Porto Velho (RO)01 de Março de 202619:38:00
EDIÇÃO IMPRESSA
Saúde

Tratamento pioneiro com células-tronco reverte malformação em bebês

Terapia com células-tronco reverteu a malformação em todos os bebês participantes do estudo. Condição afeta os movimentos da criança


Imagem de Capa

Freepik

PUBLICIDADE

Pesquisadores descobriram que um tratamento pioneiro com células-tronco pode reverter o quadro de espinha bífida aberta, uma malformação congênita grave no tubo neural do embrião que, por consequência, prejudica o fechamento completo da coluna vertebral e o canal espinhal do feto durante a gestação.

A condição, também chamada de mielomeningocele, pode afetar os movimentos e o controle da bexiga e do intestino do bebê pelo acúmulo excessivo de líquidos no cérebro.

Ela é a forma mais comum e grave de espinha bífida e ocorre com mais frequência em países de baixa renda.

O tratamento atual para a condição é baseado em uma cirurgia para a correção do defeito na medula espinhal do feto. No entanto, dados mostram que cerca de 60% dos bebês ficam sem andar ou se movimentar de forma independente, mesmo após o procedimento.

Já com a adoção da nova terapia com células-tronco, todos os recém-nascidos vieram ao mundo sem complicações.

A descoberta foi liderada pela cirurgiã fetal e neonatal Diana Farmer, da Universidade da Califórnia, nos Estados Unidos. Os resultados foram publicados na revista The Lancet nesse sábado (28/2).

"Inserir células-tronco em um feto em desenvolvimento era algo totalmente desconhecido. Estamos entusiasmados em relatar um ótimo nível de segurança. Isso abre caminho para novas opções de tratamento para crianças com defeitos congênitos. O futuro é promissor para a terapia celular e gênica antes do nascimento", afirma Diana em comunicado.

Células-troncos se mostraram promissoras

Inicialmente, os pesquisadores testaram o tratamento com células-tronco provenientes da placenta em ovelhas. Todas as submetidas à terapia conseguiram andar e ficar de pé com independência, enquanto os animais que receberam apenas a cirurgia não.

Com os dados positivos, o próximo passo foi testar em humanos. Seis gestantes passaram por cirurgia com células-tronco entre a 24ª e a 25ª semana de gestação. Após o procedimento, os bebês nasceram por volta da 34ª semana de gestação.

Nenhum deles apresentou sinais de infecção e vazamento de líquido cefalorraquidiano. Também havia a preocupação de que as células-tronco pudessem provocar câncer nos recém-nascidos, mas nenhum crescimento tumoral foi detectado.

As crianças tinham sinais de que uma herniação da fossa posterior havia sido revertida. A condição faz com que uma parte do cérebro desça para o pescoço e bloqueie a circulação do líquido cefalorraquidiano.

"Este é um passo importante rumo a um novo tipo de terapia fetal, que não apenas repara, mas também pode ajudar a curar e proteger a medula espinhal em desenvolvimento", exalta o coautor do artigo, Aijun Wang.
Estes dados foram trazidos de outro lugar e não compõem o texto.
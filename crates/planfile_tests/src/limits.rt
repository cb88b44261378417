// The most that a file may name, and its size.
use crate::files::{add_bounds, add_quotes, board, board_z, bound, largest, limit, quote};
use crate::told::{money, ranked, told};
use planfile::FileKind;
use std::test::Fail;

#[test]
fn accepts_the_largest_file_and_no_larger(rt: HostRuntime) -> Result<(), Fail> {
    let mut rows = largest(rt.alloc())?;
    money(&rt).refused(&rows, 2, 2192, 0);
    rows.push(limit(0))?;
    assert_eq!(rt; rows.len(), 2193);
    money(&rt).accepted(&rows)?;
    ranked(&rt).accepted(&rows)?;
    rows.push(limit(0))?;
    money(&rt).refused(&rows, 1, 0, 0);
    ranked(&rt).refused(&rows, 1, 0, 0);
    Ok(())
}

#[test]
fn tells_a_class_a_weekend_or_a_book_too_many(rt: HostRuntime) -> Result<(), Fail> {
    let classes = board(rt.alloc(), 9, 1, 1)?;
    money(&rt).refused(&classes, 3, 8, 1);
    let weekends = board(rt.alloc(), 8, 17, 1)?;
    money(&rt).refused(&weekends, 3, 24, 1);
    let books = board(rt.alloc(), 8, 16, 121)?;
    money(&rt).refused(&books, 3, 144, 1);
    Ok(())
}

#[test]
fn tells_a_bound_too_many(rt: HostRuntime) -> Result<(), Fail> {
    for (weekend, class, byte) in [(15, 7, 1), (15, 8, 2), (16, 0, 1)] {
        let mut rows = board(rt.alloc(), 8, 16, 120)?;
        add_bounds(&mut rows, 16, 8)?;
        rows.push(bound(weekend, class, 0, 120))?;
        rows.push(limit(0))?;
        money(&rt).refused(&rows, 3, 272, byte);
    }
    Ok(())
}

#[test]
fn tells_a_quote_too_many(rt: HostRuntime) -> Result<(), Fail> {
    for (book, weekend, byte) in [(119, 15, 1), (119, 16, 2), (120, 0, 1)] {
        let mut rows = board(rt.alloc(), 8, 16, 120)?;
        add_quotes(&mut rows, 120, 16)?;
        rows.push(quote(book, weekend, 1))?;
        rows.push(limit(0))?;
        money(&rt).refused(&rows, 3, 2064, byte);
    }
    Ok(())
}

#[test]
fn tells_a_size_that_no_file_has(rt: HostRuntime) -> Result<(), Fail> {
    let mut file = Vec::from_slice(rt.alloc(), board_z().as_flattened())?;
    assert!(rt; file.len() == 272);
    assert_eq!(rt; told(FileKind::Money, &file[0..0]), Some((1, 0, 0)));
    assert_eq!(rt; told(FileKind::Money, &file[0..1]), Some((1, 0, 0)));
    assert_eq!(rt; told(FileKind::Money, &file[0..15]), Some((1, 0, 0)));
    assert_eq!(rt; told(FileKind::Money, &file[0..17]), Some((1, 0, 0)));
    assert_eq!(rt; told(FileKind::Money, &file[0..271]), Some((1, 0, 0)));
    assert_eq!(rt; told(FileKind::Ranked, &file[0..271]), Some((1, 0, 0)));
    assert_eq!(rt; told(FileKind::Money, &file), None);
    file.push(b'C')?;
    assert_eq!(rt; told(FileKind::Money, &file), Some((1, 0, 0)));
    // the size is looked at before the records
    let most = vec![in rt.alloc(); 0u8; 35088]?;
    assert_eq!(rt; told(FileKind::Money, &most), Some((2, 0, 0)));
    let more = vec![in rt.alloc(); 0u8; 35104]?;
    assert_eq!(rt; told(FileKind::Money, &more), Some((1, 0, 0)));
    Ok(())
}
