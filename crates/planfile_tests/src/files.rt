// Files to test on, record by record.
ghost use Rattle.std.specs.Prelude.{◌<◌};

use std::alloc::{AllocError, Global};

// A record of this letter and numbers.
fn numbered(letter: u8, numbers: [u8; 4]) -> [u8; 16] {
    let [a, b, c, d] = numbers;
    [letter, a, b, c, d, 0, 0, 0, 0, 0, 0, 0, 0, 0, 0, 0]
}

pub(crate) fn class(class: u8, parent: u8) -> [u8; 16] {
    numbered(b'C', [class, parent, 0, 0])
}

pub(crate) fn weekend(weekend: u8) -> [u8; 16] {
    numbered(b'W', [weekend, 0, 0, 0])
}

pub(crate) fn book(book: u8, class: u8) -> [u8; 16] {
    numbered(b'B', [book, class, 0, 0])
}

pub(crate) fn bound(weekend: u8, class: u8, lower: u8, upper: u8) -> [u8; 16] {
    numbered(b'N', [weekend, class, lower, upper])
}

// A record of this letter and numbers, and of an amount.
fn priced(letter: u8, numbers: [u8; 2], strain: i32, money: i64) -> [u8; 16] {
    let [n, m] = numbers;
    let [a, b, c, d] = strain.to_le_bytes();
    let [e, f, g, h, i, j, k, l] = money.to_le_bytes();
    [letter, n, m, 0, a, b, c, d, e, f, g, h, i, j, k, l]
}

pub(crate) fn strained_quote(book: u8, weekend: u8, strain: i32, money: i64) -> [u8; 16] {
    priced(b'Q', [book, weekend], strain, money)
}

pub(crate) fn quote(book: u8, weekend: u8, money: i64) -> [u8; 16] {
    strained_quote(book, weekend, 0, money)
}

pub(crate) fn strained_limit(strain: i32, money: i64) -> [u8; 16] {
    priced(b'L', [0, 0], strain, money)
}

pub(crate) fn limit(money: i64) -> [u8; 16] {
    strained_limit(0, money)
}

// The record with one byte changed.
pub(crate) fn with(row: [u8; 16], byte: usize, value: u8) -> [u8; 16] {
    let mut row = row;
    if byte < 16 {
        row[byte] = value;
    }
    row
}

// Board Z: class 1 under class 0, two weekends, books 0 and 1 in class 0 and book 2 in class 1.
pub(crate) fn board_z() -> [[u8; 16]; 17] {
    [
        class(0, 0),
        class(1, 0),
        weekend(0),
        weekend(1),
        book(0, 0),
        book(1, 0),
        book(2, 1),
        bound(0, 0, 1, 2),
        bound(1, 0, 1, 2),
        bound(1, 1, 1, 1),
        quote(0, 0, 4),
        quote(0, 1, 1),
        quote(1, 0, 2),
        quote(1, 1, 3),
        quote(2, 0, 1),
        quote(2, 1, 5),
        limit(11),
    ]
}

// So many classes, weekends and books, and nothing else yet.
pub(crate) fn board(
    heap: Global,
    classes: u8,
    weekends: u8,
    books: u8,
) -> Result<Vec<[u8; 16]>, AllocError> {
    let mut rows = Vec::new(heap);
    rows.extend((0..classes).map(|c| class(c, c / 2)))?;
    rows.extend((0..weekends).map(weekend))?;
    rows.extend((0..books).map(|b| book(b, 0)))?;
    Ok(rows)
}

// A bound for each weekend and class.
pub(crate) fn add_bounds(
    rows: &mut Vec<[u8; 16]>,
    weekends: u8,
    classes: u8,
) -> Result<(), AllocError> {
    for w in 0..weekends {
        rows.extend((0..classes).map(|c| bound(w, c, c, 120)))?;
    }
    Ok(())
}

// A quote for each book and weekend.
pub(crate) fn add_quotes(
    rows: &mut Vec<[u8; 16]>,
    books: u8,
    weekends: u8,
) -> Result<(), AllocError> {
    for b in 0..books {
        rows.extend((0..weekends).map(|w| quote(b, w, i64::from(b) - i64::from(w))))?;
    }
    Ok(())
}

// The largest board, but for its limit: 2,192 records.
pub(crate) fn largest(heap: Global) -> Result<Vec<[u8; 16]>, AllocError> {
    let mut rows = board(heap, 8, 16, 120)?;
    add_bounds(&mut rows, 16, 8)?;
    add_quotes(&mut rows, 120, 16)?;
    Ok(rows)
}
Apesar dos resultados promissores, ainda são necessários estudos maiores para obter mais dados sobre a eficácia a longo prazo do novo tratamento. A equipe já recebeu autorização para realizar uma pesquisa clínica com 29 participantes.

Além disso, Diana afirma que é necessário aguardar as crianças tratadas no estudo atual atingirem os dois anos, uma vez que esta é a idade que elas aprendem a andar.